## Problem to work on
Find each line of the material below in which the word "TellsFailure" occurs, and return it.
===== Information shown =====
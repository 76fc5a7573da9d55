//! References that would lead elsewhere in the words of 2020-12.
ghost use Rattle.std.specs.Prelude.{◌≡◌, IfOk, map, option_map};
ghost use Rattle.std.specs.Str.{chars};
ghost use Rattle.tinyjson.specs.View.{view, text};
ghost use Rattle.tinyjson_pointer.specs.Tokens.{tokens_of};
ghost use Rattle.tinyjson_schema_drafts.specs.Pointers.{reference_in_words, is_lost, is_lost_by};
ghost use Rattle.tinyjson_schema_drafts.specs.Pointers.{is_lost_word, is_lost_pointer, is_lost_from};
ghost use Rattle.tinyjson_schema_drafts.specs.Pointers.{is_lost_part};
ghost use Rattle.tinyjson_schema_drafts.specs.Pointers.{goes_through_items};

use crate::rule::is_array;
use std::alloc::{AllocError, Global};
use std::str;
use text_uri::{fragment, without_fragment};
use tinyjson::JsonValue;
use tinyjson_pointer::Pointer;
use tinyjson_schema_keywords::{percent_decoded, read_pointer};

/// A reference in a resource: null in its place where it may lead to the array at `items`, or to what there is not.
pub fn reference_in_words(
    reference: &JsonValue,
    resource: &JsonValue,
    alloc: Global,
) -> Result<JsonValue, AllocError>
    ensures { IfOk result (λ v. view v
        ≡ reference_in_words (view resource.now) (view reference.now)) }
{
    let JsonValue::String(text) = reference else {
        return reference.try_clone(alloc);
    };
    if is_lost(text.as_str(), resource, alloc)? {
        return Ok(JsonValue::Null);
    }
    reference.try_clone(alloc)
}

/// Whether it has a pointer that is lost.
fn is_lost(reference: &str, resource: &JsonValue, alloc: Global) -> Result<bool, AllocError>
    ensures { IfOk result (λ is. is ≡ is_lost (view resource.now) reference.now) }
{
    match fragment(reference) {
        Some(fragment) => is_lost_by(fragment, without_fragment(reference), resource, alloc),
        None => Ok(false),
    }
}

fn is_lost_by(
    fragment: &str,
    uri: &str,
    resource: &JsonValue,
    alloc: Global,
) -> Result<bool, AllocError>
    ensures { IfOk result (λ is. is ≡ is_lost_by (view resource.now) uri.now fragment.now) }
{
    let Some(decoded) = percent_decoded(fragment.as_bytes(), alloc)? else {
        return Ok(false);
    };
    match str::from_utf8(decoded.as_slice()) {
        Ok(word) => is_lost_word(word, uri, resource, alloc),
        Err(_) => Ok(false),
    }
}

/// A word is a pointer, or a name; that of a marked resource is none of the schema's own.
fn is_lost_word(
    word: &str,
    uri: &str,
    resource: &JsonValue,
    alloc: Global,
) -> Result<bool, AllocError>
    ensures { IfOk result (λ is. is ≡ is_lost_word (view resource.now) uri.now word.now) }
{
    if word == "_recursiveAnchor" {
        return Ok(true);
    }
    is_lost_pointer(word, uri, resource, alloc)
}

fn is_lost_pointer(
    pointer: &str,
    uri: &str,
    resource: &JsonValue,
    alloc: Global,
) -> Result<bool, AllocError>
    ensures { IfOk result (λ is.
        is ≡ is_lost_pointer (view resource.now) uri.now (chars pointer.now)) }
{
    match read_pointer(pointer, alloc)? {
        Some(pointer) => Ok(is_lost_from(&pointer, uri, resource)),
        None => Ok(false),
    }
}

/// Whether a pointer in the resource leads to no part of it, or to an array; or one in another resource goes through
/// `items`.
fn is_lost_from(pointer: &Pointer, uri: &str, resource: &JsonValue) -> bool
    ensures { result ≡ is_lost_from (view resource.now) uri.now (tokens_of pointer.now) }
{
    if uri.is_empty() {
        is_lost_part(pointer.find(resource))
    } else {
        goes_through_items(pointer.tokens())
    }
}

fn is_lost_part(part: Option<&JsonValue>) -> bool
    ensures { result ≡ is_lost_part (option_map (λ x. view x.now) part.entry) }
{
    match part {
        Some(part) => is_array(part),
        None => true,
    }
}

fn goes_through_items(tokens: &[String]) -> bool
    ensures { result ≡ goes_through_items (map text tokens.now) }
{
    for token in tokens {
        if token.as_str() == "items" {
            return true;
        }
    }
    false
}
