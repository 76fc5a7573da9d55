//! The line and the column after a text, counted sixteen bytes at a time.
ghost use Rattle.std.specs.Prelude.{◌≡◌, ◌<◌, ◌≤◌, ◌-◌, length, drop, map, slice_index};
ghost use Rattle.std.specs.Fmt.{is_char_start};
ghost use Rattle.std.specs.List.{count_by};
ghost use Rattle.std.specs.Simd.Lanes.{mask_l};
ghost use Rattle.std.specs.Str.{chars};
ghost use Rattle.tinyjson_grammar.specs.Position.{advance, is_line_feed, line_feeds, origin};
ghost use Rattle.tinyjson_grammar.specs.Position.{position_at};

use std::simd::prelude::*;

/// The line, which begins at 1, and how many characters follow its line feed.
pub(crate) fn place_after(text: &str) -> (usize, usize)
    ensures { position_at result.0 result.1 ≡ advance origin (chars text.now) }
{
    let bytes = text.as_bytes();
    let start = line_start(bytes);
    let column = characters(&bytes[start..]);
    (line_feeds(bytes).saturating_add(1), column)
}

/// The place after the last line feed.
fn line_start(bytes: &[u8]) -> usize
    ensures within { result ≤ length bytes.now }
    ensures none { line_feeds (drop result bytes.now) ≡ 0 }
    ensures after { 0 < result → slice_index bytes.now (result - 1) ≡ 10 }
{
    let mut start = bytes.len();
    while start >= 16 && feeds(u8x16::from_slice(&bytes[start - 16..])) == 0 {
        start -= 16;
    }
    while start > 0 && bytes[start - 1] != b'\n' {
        start -= 1;
    }
    start
}

/// How many line feeds the bytes have.
fn line_feeds(bytes: &[u8]) -> usize
    ensures { result ≡ line_feeds bytes.now }
{
    let mut count = 0;
    let mut i = 0;
    while bytes.len() - i >= 16 {
        count += feeds(u8x16::from_slice(&bytes[i..])).count_ones() as usize;
        i += 16;
    }
    while i < bytes.len() {
        count += (bytes[i] == b'\n') as usize;
        i += 1;
    }
    count
}

/// How many characters begin in the bytes.
fn characters(bytes: &[u8]) -> usize
    ensures { result ≡ count_by is_char_start bytes.now }
{
    let mut count = 0;
    let mut i = 0;
    while bytes.len() - i >= 16 {
        count += starts(u8x16::from_slice(&bytes[i..])).count_ones() as usize;
        i += 16;
    }
    while i < bytes.len() {
        count += (bytes[i] < 128 || bytes[i] >= 192) as usize;
        i += 1;
    }
    count
}

#[inline(always)]
fn feeds(v: u8x16) -> u64
    ensures { result ≡ mask_l (map is_line_feed v) }
{
    v.simd_eq(u8x16::splat(b'\n')).to_bitmask()
}

/// The bytes that continue no character.
#[inline(always)]
fn starts(v: u8x16) -> u64
    ensures { result ≡ mask_l (map is_char_start v) }
{
    (v - u8x16::splat(128))
        .simd_ge(u8x16::splat(64))
        .to_bitmask()
}
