//! The pointer that the arguments name.
ghost use Rattle.std.specs.Str.{chars};
ghost use Rattle.json_part.specs.Part.{IsPointerFailure, ReadsPointer};

use std::alloc::Global;
use tinyjson_cli::Failure;
use tinyjson_pointer::{Pointer, PointerError};

/// The pointer of this text, or the failure that its message is.
pub fn read_pointer(alloc: Global, text: &str) -> Result<Pointer, Failure>
    ensures { ReadsPointer (chars text.now) result }
{
    match Pointer::parse(alloc, text) {
        Ok(pointer) => Ok(pointer),
        Err(error) => Err(pointer_failure(alloc, error)),
    }
}

/// The failure for a text that is no pointer.
fn pointer_failure(alloc: Global, error: PointerError) -> Failure
    ensures { IsPointerFailure error result }
{
    let Ok(words) = error.to_string(alloc) else {
        return Failure::OutOfMemory;
    };
    match error {
        PointerError::OutOfMemory => Failure::OutOfMemory,
        _ => Failure::Misused(words),
    }
}
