//! The documents of the drafts by their URIs.
ghost use Rattle.std.specs.Prelude.{◌≡◌, map, option_map};
ghost use Rattle.tinyjson_schema_drafts.specs.Meta.{documents_with, has_document, published};

mod draft_2019_09;
mod draft_2020_12;
mod draft_4;
mod draft_6;
mod draft_7;

/// A document that json-schema.org publishes.
#[derive(Clone, Copy, Debug)]
pub struct MetaSchema {
    /// Its URI, without a fragment.
    pub uri: &'static str,
    /// Its text, which is JSON.
    pub text: &'static str,
}

/// The meta-schema of a draft, and those of its vocabularies, if the URI is that of one of them. They refer to one another
/// alone. The URI has no fragment.
///
/// ```
/// let found = meta_schemas("https://json-schema.org/draft/2019-09/meta/core"); // seven, the one of the draft first
/// ```
pub fn meta_schemas(uri: &str) -> Option<&'static [MetaSchema]>
    ensures { option_map (λ found. map published found.now) result ≡ documents_with uri.now }
{
    let draft_2020_12 = draft_2020_12::documents();
    if has_document(draft_2020_12, uri) {
        return Some(draft_2020_12);
    }
    let draft_2019_09 = draft_2019_09::documents();
    if has_document(draft_2019_09, uri) {
        return Some(draft_2019_09);
    }
    let draft_7 = draft_7::documents();
    if has_document(draft_7, uri) {
        return Some(draft_7);
    }
    let draft_6 = draft_6::documents();
    if has_document(draft_6, uri) {
        return Some(draft_6);
    }
    let draft_4 = draft_4::documents();
    if has_document(draft_4, uri) {
        return Some(draft_4);
    }
    None
}

/// Whether one of the documents has the URI.
///
/// ```
/// let found = has_document(documents, "http://json-schema.org/draft-07/schema");
/// ```
pub fn has_document(documents: &[MetaSchema], uri: &str) -> bool
    ensures { result ≡ has_document (map published documents.now) uri.now }
{
    for document in documents {
        if document.uri == uri {
            return true;
        }
    }
    false
}
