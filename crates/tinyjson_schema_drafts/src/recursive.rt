//! Recursive references of 2019-09 as dynamic ones.
ghost use Rattle.std.specs.Prelude.{◌≡◌, IfOk};
ghost use Rattle.tinyjson.specs.View.{view};
ghost use Rattle.tinyjson_schema_drafts.specs.Recursion.{recursive_in_words, anchor_in_words};
ghost use Rattle.tinyjson_schema_drafts.specs.Recursion.{is_marked, is_root_reference};

use crate::document::string_of;
use crate::rule::is_true;
use std::alloc::{AllocError, Global};
use tinyjson::JsonValue;
use tinyjson_schema_keywords::operand;

/// The reference as one of `$dynamicRef`: to the resource, or to its name if it is marked. Null for a reference that is
/// not `#`.
pub fn recursive_in_words(
    reference: &JsonValue,
    resource: &JsonValue,
    alloc: Global,
) -> Result<JsonValue, AllocError>
    ensures { IfOk result (λ v. view v
        ≡ recursive_in_words (view resource.now) (view reference.now)) }
{
    if !is_root_reference(reference) {
        return Ok(JsonValue::Null);
    }
    if is_marked(resource) {
        string_of("#_recursiveAnchor", alloc)
    } else {
        reference.try_clone(alloc)
    }
}

fn is_root_reference(reference: &JsonValue) -> bool
    ensures { result ≡ is_root_reference (view reference.now) }
{
    match reference {
        JsonValue::String(text) => text.as_str() == "#",
        _ => false,
    }
}

/// Whether the resource has a `$recursiveAnchor` that is true.
fn is_marked(resource: &JsonValue) -> bool
    ensures { result ≡ is_marked (view resource.now) }
{
    match operand(resource, "$recursiveAnchor") {
        Some(mark) => is_true(mark),
        None => false,
    }
}

/// The mark of a resource as one of `$dynamicAnchor`; null for one that is not its root's, or no boolean.
pub fn anchor_in_words(
    mark: &JsonValue,
    resource: &JsonValue,
    alloc: Global,
) -> Result<JsonValue, AllocError>
    ensures { IfOk result (λ v. view v ≡ anchor_in_words (view resource.now) (view mark.now)) }
{
    if is_true(mark) && is_marked(resource) {
        return string_of("_recursiveAnchor", alloc);
    }
    Ok(JsonValue::Null)
}
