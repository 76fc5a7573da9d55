//! Applies a patch to values.
ghost use Rattle.std.specs.Prelude.{◌≡◌, true, false};
ghost use Rattle.tinyjson_cli.specs.Texts.{Answers};
ghost use Rattle.tinyjson_document.specs.Document.{tree};
ghost use Rattle.tinyjson_patch.specs.Patch.{actions_of};
ghost use Rattle.json_patch.specs.Apply.{GivesPatched, TellsFailure, copy_limit};

use std::alloc::Global;
use std::io::{self, ErrorKind, Write};
use tinyjson_cli::{NoAnswer, ValueTool};
use tinyjson_document::Node;
use tinyjson_lines::write_all;
use tinyjson_patch::{EditError, Patch, patch_document, write_patched};

/// How many values the copies of a patch may copy for any text.
const COPIES: usize = 1_000_000;

/// How many more for each byte of the text.
const COPIES_A_BYTE: usize = 4;

/// What is asked of each value: a patch applied (RFC 6902).
#[derive(Clone, Copy)]
pub struct Asked<'a> {
    pub patch: &'a Patch,
    /// Whether the text of the result is indented with two spaces.
    pub is_indented: bool,
}

/// ```
/// asked.answer_value(alloc, value, len, &mut output)?; // of {"a":1,"b":2}, by the removal of /a: writes {"b":2}
/// ```
impl ValueTool for Asked<'_> {
    ghost gives = { λ a n t f. GivesPatched (copy_limit n) a.is_indented
        (actions_of a.patch.now) t f };

    fn answer_value<W: Write>(
        &self,
        alloc: Global,
        value: Node<'_>,
        len: usize,
        output: &mut W,
    ) -> io::Result<Option<NoAnswer>> {
        let most = copies_for(len);
        if self.is_indented {
            return answer_indented(alloc, self.patch, value, most, output);
        }
        answer_compact(alloc, self.patch, value, most, output)
    }
}

/// How many values the copies of a patch may copy, by the number of bytes that the text has.
fn copies_for(length: usize) -> usize
    ensures { result ≡ copy_limit length }
{
    COPIES.saturating_add(length.saturating_mul(COPIES_A_BYTE))
}

/// Writes the indented text of a value with the patch applied.
fn answer_indented<W: Write>(
    alloc: Global,
    patch: &Patch,
    value: Node<'_>,
    most: usize,
    output: &mut W,
) -> io::Result<Option<NoAnswer>>
    ensures { Answers (GivesPatched most true (actions_of patch.now) (tree value.entry))
        (W.contents output.old) (W.contents output.new) result }
{
    match patch_document(alloc, patch, value, most) {
        Ok(patched) => {
            patched.root().format_line_to(alloc, output)?;
            Ok(None)
        }
        Err(error) => answer_failure(alloc, error, most),
    }
}

/// Writes the compact text of a value with the patch applied.
fn answer_compact<W: Write>(
    alloc: Global,
    patch: &Patch,
    value: Node<'_>,
    most: usize,
    output: &mut W,
) -> io::Result<Option<NoAnswer>>
    ensures { Answers (GivesPatched most false (actions_of patch.now) (tree value.entry))
        (W.contents output.old) (W.contents output.new) result }
{
    match write_patched(alloc, patch, value, most, output) {
        Ok(written) => {
            written?;
            write_all(output, b"\n")?;
            Ok(None)
        }
        Err(error) => answer_failure(alloc, error, most),
    }
}

/// Why there is no answer where the patch can't be applied, or copies more than `most` values.
fn answer_failure(alloc: Global, error: EditError, most: usize) -> io::Result<Option<NoAnswer>>
    ensures { TellsFailure most error result }
{
    match error {
        EditError::Failed(number, reason) => {
            let words = format!(in alloc; "operation {number}: {reason}")?;
            Ok(Some(NoAnswer::No(words)))
        }
        EditError::TooMuch => {
            let words = format!(in alloc; "the patch copies more than {most} values")?;
            Ok(Some(NoAnswer::Failed(words)))
        }
        EditError::OutOfMemory => Err(io::Error::from(ErrorKind::OutOfMemory)),
    }
}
=====
## Written solution
ghost use Rattle.json_patch.specs.Apply.{GivesPatched, TellsFailure, copy_limit};
    ensures { TellsFailure most error result }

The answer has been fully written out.